■ **What to do**:
Needed from the data below: every line from the one with "use std::alloc::Global;" up to and including the one with "let start = Instant::now(rt)?;", repeated exactly and with nothing else.
**** Data supplied ****
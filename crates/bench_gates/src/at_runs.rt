//! Whole runs: writers and a remounter in threads.

use anyhow::Result;
use gate_runs::run_with;
use std::alloc::Global;
use std::rt::Clock;
use std::sync::Wait;
use std::thread::Threads;
use std::time::{Duration, Instant};

/// Rounds of each writer in one run.
const ROUNDS: u32 = 10_000;

/// How long so many runs take, of so many tasks and as many processors, with no freeze.
pub(crate) fn measure<R: Threads + Wait + Clock + Sync>(
    rt: &R,
    alloc: Global,
    tasks: u8,
    runs: u32,
) -> Result<Duration> {
    let start = Instant::now(rt)?;
    for _run in 0..runs {
        run_with(rt, alloc, tasks, tasks, ROUNDS, 0, &())?;
    }
    Ok(start.elapsed(rt)?)
}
****
■ **Answer to this problem**:
use std::alloc::Global;
use std::rt::Clock;
use std::sync::Wait;
use std::thread::Threads;
use std::time::{Duration, Instant};

/// Rounds of each writer in one run.
const ROUNDS: u32 = 10_000;

/// How long so many runs take, of so many tasks and as many processors, with no freeze.
pub(crate) fn measure<R: Threads + Wait + Clock + Sync>(
    rt: &R,
    alloc: Global,
    tasks: u8,
    runs: u32,
) -> Result<Duration> {
    let start = Instant::now(rt)?;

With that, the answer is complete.